GIVEN DATA START

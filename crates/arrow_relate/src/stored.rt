//! Relations of arrays of any kind, from those of what they store: values are related whatever lies beneath nulls, and the
//! validities are looked at afterwards, a word at a time.

ghost use Rattle.std.specs.Prelude.{◌≡◌, length, map, IfOk, IsOkUnless};
ghost use Rattle.arrow_flat.specs.Truths.{AnswersTruths};
ghost use Rattle.arrow_types.specs.declared.error.Error.{Error};
ghost use Rattle.arrow_types.specs.ArrowType.{boolean, plain};
ghost use Rattle.arrow_types.specs.Relation.{related};
ghost use Rattle.arrow_types.specs.Slot.{Slot, Boolean};
ghost use Rattle.arrow_flat.specs.Parts.{boolean_rows, rows_by};
ghost use Rattle.arrow_flat.specs.RowByRow.{row_by_row};

use crate::comparison::finish;
use crate::fixed::{FixedRelation, Sameness};
use arrow_flat::array::truths::truths;
use arrow_flat::array::validity::{combine_validities, shared};
use arrow_flat::array::{BooleanArray, FlatArray, Values};
use arrow_memory::bitmap::Bitmap;
use arrow_types::error::Error;
use std::alloc::Global;

/// What stores rows of which a relation is known.
pub(crate) trait RelatedBy<R: FixedRelation>: Values {
    /// A bit for each row, set where the relation holds of what both sides store there.
    ///
    /// # Requires
    /// Both have as many rows.
    ///
    /// # Errors
    /// `OutOfMemory` where memory is refused.
    fn related_bits(
        alloc: Global,
        lhs: &FlatArray<Self>,
        rhs: &FlatArray<Self>,
    ) -> Result<Bitmap, Error>
        requires { length (rows_by Self.slots lhs.now) ≡ length (rows_by Self.slots rhs.now) }
        ensures ok { IfOk result (λ bits. map Boolean bits
            ≡ row_by_row (related R.op) (Self.slots lhs.now.values) (Self.slots rhs.now.values)) }
        ensures err { IsOkUnless result Error.OutOfMemory };
}

/// What stores rows of which a relation to a scalar is known.
pub(crate) trait RelatedToScalar<R: FixedRelation, S>: Values {
    // the slot of a scalar
    ghost scalar_slot: { S → Slot };

    // the scalars that there are
    ghost IsScalar: { S → Type 0 };

    /// A bit for each row, set where the relation holds of what is stored there and a scalar.
    ///
    /// # Requires
    /// The scalar is one of the kind.
    ///
    /// # Errors
    /// `OutOfMemory` where memory is refused.
    fn related_scalar_bits(alloc: Global, lhs: &FlatArray<Self>, rhs: S) -> Result<Bitmap, Error>
        requires { IsScalar rhs }
        ensures ok { IfOk result (λ bits. map Boolean bits
            ≡ map (λ s. related R.op s (scalar_slot rhs)) (Self.slots lhs.now.values)) }
        ensures err { IsOkUnless result Error.OutOfMemory };
}

// Whether a relation holds of each row of both sides, and null where one of the two is.
pub(crate) fn relate_by<R: FixedRelation, V: RelatedBy<R>>(
    alloc: Global,
    lhs: &FlatArray<V>,
    rhs: &FlatArray<V>,
) -> Result<BooleanArray, Error>
    requires { length (rows_by V.slots lhs.now) ≡ length (rows_by V.slots rhs.now) }
    ensures { AnswersTruths result
        (row_by_row (related R.op) (rows_by V.slots lhs.now) (rows_by V.slots rhs.now)) }
{
    let bits = V::related_bits(alloc, lhs, rhs)?;
    let either = combine_validities(alloc, lhs.validity(), rhs.validity())?;
    Ok(truths(bits, either))
}

// Whether a relation holds of each row and a scalar, and null where the row is.
#[inline(always)]
pub(crate) fn relate_scalar_by<R: FixedRelation, V: RelatedToScalar<R, S>, S>(
    alloc: Global,
    lhs: &FlatArray<V>,
    rhs: S,
) -> Result<BooleanArray, Error>
    requires { V.IsScalar rhs }
    ensures { AnswersTruths result
        (map (λ s. related R.op s (V.scalar_slot rhs)) (rows_by V.slots lhs.now)) }
{
    let bits = V::related_scalar_bits(alloc, lhs, rhs)?;
    let validity = shared(lhs.validity())?;
    Ok(truths(bits, validity))
}

// Whether the rows of both sides are the same, or whether they differ: two nulls are the same, and a null and a value are
// not. No row is null.
pub(crate) fn same_by<E: Sameness, V: RelatedBy<E>>(
    alloc: Global,
    lhs: &FlatArray<V>,
    rhs: &FlatArray<V>,
) -> Result<BooleanArray, Error>
    requires { length (rows_by V.slots lhs.now) ≡ length (rows_by V.slots rhs.now) }
    ensures { AnswersTruths result
        (row_by_row E.tells (rows_by V.slots lhs.now) (rows_by V.slots rhs.now)) }
{
    let bits = V::related_bits(alloc, lhs, rhs)?;
    let (left, right) = (shared(lhs.validity())?, shared(rhs.validity())?);
    E::shows_rows();
    finish::<E>(alloc, truths(bits, None), left, right)
}

// Whether each row is the scalar, or whether it differs from it: a null does. No row is null.
#[inline(always)]
pub(crate) fn same_scalar_by<E: Sameness, V: RelatedToScalar<E, S>, S>(
    alloc: Global,
    lhs: &FlatArray<V>,
    rhs: S,
) -> Result<BooleanArray, Error>
    requires { V.IsScalar rhs }
    ensures { AnswersTruths result (map (λ s. E.tells s (V.scalar_slot rhs)) (rows_by V.slots lhs.now)) }
{
    let bits = V::related_scalar_bits(alloc, lhs, rhs)?;
    let validity = shared(lhs.validity())?;
    E::shows_rows();
    finish::<E>(alloc, truths(bits, None), validity, None)
}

GIVEN DATA END

**WHAT TO WORK ON**
Go through the lines above and count those with the string "known". Reply with the count and nothing more.

**REPLY**
2